Der Turm hat eine Gesamthöhe von 368 m und ist damit das höchste Gebäude Deutschlands sowie der vierthöchste Fernsehturm Europas. In der Kugel befindet sich in 203 m Höhe das Telecafé, ein Drehrestaurant für 200 Gäste. 

Die Fahrstühle erreichen die Aussichtsfläche in der Kugel innerhalb von 40 Sekunden. Unterhalb der Kugel sind zwei nach oben offene Rettungsgalerien rund um den Schaft angebracht und mit dem Treppenhaus verbunden. Sie sind für exakt die Personenzahl ausgelegt, die sich in der Kugel aufhalten dürfen. 

Durch geschicktes Verhandeln erreicht unsere 'Uli mit Hut', dass wir auch ohne die entsprechende Eintrittskarte von der Aussichtsfläche hinauf in das Café und dort an einem freien Tisch für eine Tasse Kaffee Platz nehmen und die Aussicht genießen dürfen. 

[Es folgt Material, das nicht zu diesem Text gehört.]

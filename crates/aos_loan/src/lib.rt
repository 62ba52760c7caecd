//! Loans: an activity's frames, lent out of the kernel for private turns, and what these come to once they are settled.
#![tactic(auto)]

pub mod loan;

pub use loan::{Loan, MOST_TURNS};
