//! The replies of a journal text, both ways: one row of words for each reply, which is read back as the same.
//! Used by itself in `judge_journals` and `pagerd`.
#![tactic(auto)]

mod kinds;
pub mod laws;
mod put_replies;
mod replies;

pub use kinds::ReplyKind;
pub use put_replies::put_reply;
pub use replies::{SpelledReply, fill_reply, find_reply, fits_list, read_reply};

Von oben sehen wir das Nikolai-Viertel, noch zu DDR-Zeiten historisierend um die alte Nikolai-Kirche herum neu aufgebaut, und das Rote Rathaus. Der Name ergab sich aus den roten Klinkerfassaden und erhielt später für die Berliner eine doppelte Bedeutung durch die Tatsache, dass dort der Ostberliner Magistrat eine kommunistisch orientierte Regierung ausübte. Heute regiert dort ein rot-rot-grüner Senat unter dem Regierenden Bürgermeister Müller/SPD – erneut viel rote Farbe.

Und wieder haben wir Glück mit dem Wetter: der Horizont ist zwar etwas diesig, aber am Vortag war der gesamte Turm in Regen und Nebel gehüllt, so dass wir garnichts gesehen hätten. 

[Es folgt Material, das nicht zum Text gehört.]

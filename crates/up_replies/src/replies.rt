ghost use Rattle.std.specs.Prelude.{◌≡◌, IfOk};
ghost use Rattle.up_words.specs.ReadSteps.{Gives, or_why};
ghost use Rattle.up_words.specs.declared.fault.Why.TheVariants.{Word};
ghost use Rattle.up_replies.specs.Kinds.{numbered_kinds, reply_kinds};
ghost use Rattle.up_replies.specs.Replies.{first_reply, fixed_fit, list_fits, page_refusal, plain_refusal, plain_reply, reply_fits, reply_in, reply_kind, reply_of};
ghost use Rattle.up_replies.specs.declared.kinds.ReplyKind.TheVariants as kinds;

use crate::kinds::{NUMBERED, REPLIES, ReplyKind};
use std::alloc::Global;
use up_fields::{
    COUNTS, PAGES, TICKETS, Tail, flag, read_count, read_flag, read_page, read_pages, read_range,
    read_runs_of_pages, read_tickets, shows_runs,
};
use up_model::Reply;
use up_num::{Items, Memory, Packet, PageNo, Refusal};
use up_words::{ByteRuns, Stop, Why, read_between, read_runs, spelled_code, spread_runs};

/// A reply whose bytes, where it has any, are still runs. The reply itself has no bytes then.
#[derive(Drop)]
pub struct SpelledReply {
    pub reply: Reply,
    pub bytes: Option<ByteRuns>,
}

fn refusal(word: &[u8]) -> Option<Refusal>
    ensures { result ≡ plain_refusal word.now }
{
    if word == b"range".as_slice() {
        Some(Refusal::Range)
    } else if word == b"detached".as_slice() {
        Some(Refusal::Detached)
    } else if word == b"not-trap".as_slice() {
        Some(Refusal::NotTrap)
    } else if word == b"fixed".as_slice() {
        Some(Refusal::Fixed)
    } else if word == b"no-frames".as_slice() {
        Some(Refusal::NoFrames)
    } else {
        match spelled_code(word) {
            None => None,
            Some(code) => Some(Refusal::Pager(code)),
        }
    }
}

fn refusal_of_page(word: &[u8], page: PageNo) -> Option<Refusal>
    ensures { result ≡ page_refusal word.now page }
{
    if word == b"not-found".as_slice() {
        Some(Refusal::NotFound(page))
    } else if word == b"pinned".as_slice() {
        Some(Refusal::Pinned(page))
    } else if word == b"unpinned".as_slice() {
        Some(Refusal::Unpinned(page))
    } else if word == b"pin-limit".as_slice() {
        Some(Refusal::PinLimit(page))
    } else if word == b"unclean".as_slice() {
        Some(Refusal::Unclean(page))
    } else {
        None
    }
}

fn fits_fixed(kind: ReplyKind, words: &Tail<'_, '_>) -> bool
    ensures { result ≡ fixed_fit kind words.now }
{
    match kind {
        ReplyKind::Took => words.reads(2, b"woke"),
        ReplyKind::Modified | ReplyKind::Borrowed => flag(b"1", b"0", words.at(1)).is_some(),
        ReplyKind::PacketRead => words.reads(1, b"read"),
        ReplyKind::PacketDirty => words.reads(1, b"dirty"),
        ReplyKind::PacketComplete => words.reads(1, b"complete"),
        ReplyKind::RefusedPlain => refusal(words.at(1)).is_some(),
        ReplyKind::RefusedPage => refusal_of_page(words.at(1), PageNo(0)).is_some(),
        ReplyKind::RefusedNumber => words.reads(1, b"not-begun"),
        _ => true,
    }
}

fn fits(kind: ReplyKind, words: &Tail<'_, '_>) -> bool
    ensures { result ≡ reply_fits kind words.now }
{
    words.has(0, kind.verb(), kind.size()) && fits_fixed(kind, words)
}

#[tactic(auto, unfolding(crate::specs::Replies::first_reply))]
fn find(kinds: &[ReplyKind], words: &Tail<'_, '_>) -> Option<ReplyKind>
    ensures { result ≡ first_reply kinds.now words.now }
{
    let mut rest = kinds;
    while let [kind, after @ ..] = rest {
        if fits(*kind, words) {
            return Some(*kind);
        }
        rest = after;
    }
    None
}

fn find_first(words: &Tail<'_, '_>) -> Option<ReplyKind>
    ensures { result ≡ first_reply reply_kinds words.now }
{
    find(REPLIES.as_slice(), words)
}

fn find_numbered(words: &Tail<'_, '_>) -> Option<ReplyKind>
    ensures { result ≡ first_reply numbered_kinds words.now }
{
    find(NUMBERED.as_slice(), words)
}

/// The kind of reply that the words are, in a text with or without numbers of begins.
pub fn find_reply(numbers: bool, words: &Tail<'_, '_>) -> Option<ReplyKind>
    ensures { result ≡ reply_kind numbers words.now }
{
    match find_first(words) {
        Some(kind) => Some(kind),
        None => { if numbers { find_numbered(words) } else { None } }
    }
}

/// The list of a reply of this kind is of its form.
pub fn fits_list(alloc: Global, kind: ReplyKind, words: &Tail<'_, '_>) -> Result<bool, Memory>
    ensures { IfOk result (λ fits. fits ≡ list_fits kind words.now) }
{
    match kind {
        ReplyKind::Ranges => shows_runs(alloc, words.at(2)),
        _ => Ok(true),
    }
}

fn plain(reply: Reply) -> SpelledReply
    ensures { result ≡ plain_reply reply }
{
    SpelledReply { reply, bytes: None }
}

fn bytes(alloc: Global, words: &Tail<'_, '_>) -> Result<SpelledReply, Stop>
    ensures { Gives (λ spelled. spelled) result (reply_in kinds.Bytes words.now) }
{
    let runs = read_runs(alloc, words.at(1))?;
    let bytes = Items::new(alloc);
    Ok(SpelledReply {
        reply: Reply::Bytes(bytes),
        bytes: Some(runs),
    })
}

fn blocked(words: &Tail<'_, '_>) -> Result<SpelledReply, Stop>
    ensures { Gives (λ spelled. spelled) result (reply_in kinds.Blocked words.now) }
{
    let ticket = read_between(0, TICKETS, words.at(1))?;
    Ok(plain(Reply::Blocked(ticket)))
}

fn needs(words: &Tail<'_, '_>) -> Result<SpelledReply, Stop>
    ensures { Gives (λ spelled. spelled) result (reply_in kinds.Needs words.now) }
{
    let count = read_count(COUNTS, words.at(1))?;
    Ok(plain(Reply::Needs(count)))
}

fn took(alloc: Global, words: &Tail<'_, '_>) -> Result<SpelledReply, Stop>
    ensures { Gives (λ spelled. spelled) result (reply_in kinds.Took words.now) }
{
    let pages = read_count(COUNTS, words.at(1))?;
    let woke = read_tickets(alloc, words.at(3))?;
    Ok(plain(Reply::Took { pages, woke }))
}

fn woke(alloc: Global, words: &Tail<'_, '_>) -> Result<SpelledReply, Stop>
    ensures { Gives (λ spelled. spelled) result (reply_in kinds.Woke words.now) }
{
    let woke = read_tickets(alloc, words.at(1))?;
    Ok(plain(Reply::Woke(woke)))
}

fn ranges(alloc: Global, words: &Tail<'_, '_>) -> Result<SpelledReply, Stop>
    ensures { Gives (λ spelled. spelled) result (reply_in kinds.Ranges words.now) }
{
    let total = read_count(COUNTS, words.at(1))?;
    let list = read_runs_of_pages(alloc, words.at(2))?;
    Ok(plain(Reply::Ranges { total, list }))
}

fn modified(words: &Tail<'_, '_>) -> Result<SpelledReply, Stop>
    ensures { Gives (λ spelled. spelled) result (reply_in kinds.Modified words.now) }
{
    let modified = read_flag(b"1", b"0", words.at(1))?;
    Ok(plain(Reply::Modified(modified)))
}

fn borrowed(words: &Tail<'_, '_>) -> Result<SpelledReply, Stop>
    ensures { Gives (λ spelled. spelled) result (reply_in kinds.Borrowed words.now) }
{
    let borrowed = read_flag(b"1", b"0", words.at(1))?;
    Ok(plain(Reply::Borrowed(borrowed)))
}

fn pages(alloc: Global, words: &Tail<'_, '_>) -> Result<SpelledReply, Stop>
    ensures { Gives (λ spelled. spelled) result (reply_in kinds.Pages words.now) }
{
    let pages = read_pages(alloc, words.at(1))?;
    Ok(plain(Reply::Pages(pages)))
}

fn vacated(alloc: Global, words: &Tail<'_, '_>) -> Result<SpelledReply, Stop>
    ensures { Gives (λ spelled. spelled) result (reply_in kinds.Vacated words.now) }
{
    let moved = read_pages(alloc, words.at(1))?;
    let evicted = read_pages(alloc, words.at(2))?;
    Ok(plain(Reply::Vacated { moved, evicted }))
}

fn packet_read(words: &Tail<'_, '_>) -> Result<SpelledReply, Stop>
    ensures { Gives (λ spelled. spelled) result (reply_in kinds.PacketRead words.now) }
{
    let range = read_range(words.at(2), words.at(3))?;
    Ok(plain(Reply::Packet(Packet::Read(range))))
}

fn packet_dirty(words: &Tail<'_, '_>) -> Result<SpelledReply, Stop>
    ensures { Gives (λ spelled. spelled) result (reply_in kinds.PacketDirty words.now) }
{
    let range = read_range(words.at(2), words.at(3))?;
    Ok(plain(Reply::Packet(Packet::Dirty(range))))
}

fn left(words: &Tail<'_, '_>) -> Result<SpelledReply, Stop>
    ensures { Gives (λ spelled. spelled) result (reply_in kinds.Left words.now) }
{
    let woken = read_count(COUNTS, words.at(1))?;
    Ok(plain(Reply::Left(u64::from(woken))))
}

fn read_refusal(found: Option<Refusal>) -> Result<Refusal, Stop>
    ensures { Gives (λ why. why) result (or_why Word found) }
{
    match found {
        None => Err(Stop::Found(Why::Word)),
        Some(why) => Ok(why),
    }
}

fn refused_plain(words: &Tail<'_, '_>) -> Result<SpelledReply, Stop>
    ensures { Gives (λ spelled. spelled) result (reply_in kinds.RefusedPlain words.now) }
{
    let why = read_refusal(refusal(words.at(1)))?;
    Ok(plain(Reply::Refused(why)))
}

fn refused_page(words: &Tail<'_, '_>) -> Result<SpelledReply, Stop>
    ensures { Gives (λ spelled. spelled) result (reply_in kinds.RefusedPage words.now) }
{
    let page = read_page(PAGES, words.at(2))?;
    let why = read_refusal(refusal_of_page(words.at(1), page))?;
    Ok(plain(Reply::Refused(why)))
}

fn began(words: &Tail<'_, '_>) -> Result<SpelledReply, Stop>
    ensures { Gives (λ spelled. spelled) result (reply_in kinds.Began words.now) }
{
    let number = read_between(0, TICKETS, words.at(1))?;
    Ok(plain(Reply::Began(number)))
}

fn refused_number(words: &Tail<'_, '_>) -> Result<SpelledReply, Stop>
    ensures { Gives (λ spelled. spelled) result (reply_in kinds.RefusedNumber words.now) }
{
    let number = read_between(0, TICKETS, words.at(2))?;
    Ok(plain(Reply::Refused(Refusal::NotBegun(number))))
}

/// A reply of this kind. It takes memory by the length of its words.
pub fn read_reply(
    alloc: Global,
    kind: ReplyKind,
    words: &Tail<'_, '_>,
) -> Result<SpelledReply, Stop>
    ensures { Gives (λ spelled. spelled) result (reply_in kind words.now) }
{
    match kind {
        ReplyKind::Bytes => bytes(alloc, words),
        ReplyKind::Done => Ok(plain(Reply::Done)),
        ReplyKind::Waiting => Ok(plain(Reply::Waiting)),
        ReplyKind::Noted => Ok(plain(Reply::Noted)),
        ReplyKind::Empty => Ok(plain(Reply::Empty)),
        ReplyKind::Finished => Ok(plain(Reply::Finished)),
        ReplyKind::Blocked => blocked(words),
        ReplyKind::Needs => needs(words),
        ReplyKind::Took => took(alloc, words),
        ReplyKind::Woke => woke(alloc, words),
        ReplyKind::Ranges => ranges(alloc, words),
        ReplyKind::Modified => modified(words),
        ReplyKind::Borrowed => borrowed(words),
        ReplyKind::Pages => pages(alloc, words),
        ReplyKind::Vacated => vacated(alloc, words),
        ReplyKind::PacketRead => packet_read(words),
        ReplyKind::PacketDirty => packet_dirty(words),
        ReplyKind::PacketComplete => Ok(plain(Reply::Packet(Packet::Complete))),
        ReplyKind::Left => left(words),
        ReplyKind::RefusedPlain => refused_plain(words),
        ReplyKind::RefusedPage => refused_page(words),
        ReplyKind::Began => began(words),
        ReplyKind::RefusedNumber => refused_number(words),
    }
}

/// The reply, with the bytes of these runs where it has any.
pub fn fill_reply(alloc: Global, spelled: SpelledReply) -> Result<Reply, Memory>
    ensures { IfOk result (λ reply. reply ≡ reply_of spelled) }
{
    let SpelledReply { reply, bytes } = spelled;
    let Some(runs) = bytes else {
        return Ok(reply);
    };
    let bytes = spread_runs(alloc, &runs)?;
    match reply {
        Reply::Bytes(_) => Ok(Reply::Bytes(bytes)),
        other => Ok(other),
    }
}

Und weiter geht die Fahrt zum Mauerpark Bernauer Straße. Die dortigen Häuser standen auf Ostberliner Gebiet, der Bürgersteig davor war in Westberlin. 

Die Sozialministerin Regine Hildebrandt sagte einmal: "Wenn ick aus dem Fenster kieke, denn is mein Kopp im Westen und mein Hintern im Osten." In den ersten Tagen des Mauerbaus sprangen mehrere Menschen aus den Fenstern, manche verfehlten das Sprungtuch. Dann wurden auch die Fenster zugemauert, die Häuser später für den Todesstreifen abgerissen.

Im Mauerpark Bernauer Straße sind nun Gedenktafeln aufgestellt, der Mauerverlauf wird durch Stelen erkennbar und erlebbar. In einem Dokumentationszentrum kann man sich umfassend informieren, auch über die zahlreichen Fluchttunnel-Bauten.

Die Fahrt führt uns vorbei an dem Dorotheenstädtischen Friedhof, auf dessen Grabsteinen ein Who-is-who der geistigen und kulturellen Elite Deutschlands abzulesen ist, z.B. die Philosophen Hegel und Fichte, die Schriftsteller Heinrich Mann, Bertolt Brecht, Arnold Zweig und Anna Seghers, die Baumeister August Stüler und Karl Friedrich Schinkel, auch Ernst Litfaß und Johannes Rau. Dazu ist eine Führung unbedingt zu empfehlen.

Es folgt ein gigantischer Neubaukomplex, die Zentrale des BND, dem Bundesnachrichtendienst, ausgelegt für 4.000 Beschäftigte und eröffnet im Februar 2019. Es gibt einen Besuchsdienst – es sind interessante Exponate ausgestellt – und auch bereits mehrere Cafés in der Umgebung. Also, demnächst nix wie hin und mitgelauscht!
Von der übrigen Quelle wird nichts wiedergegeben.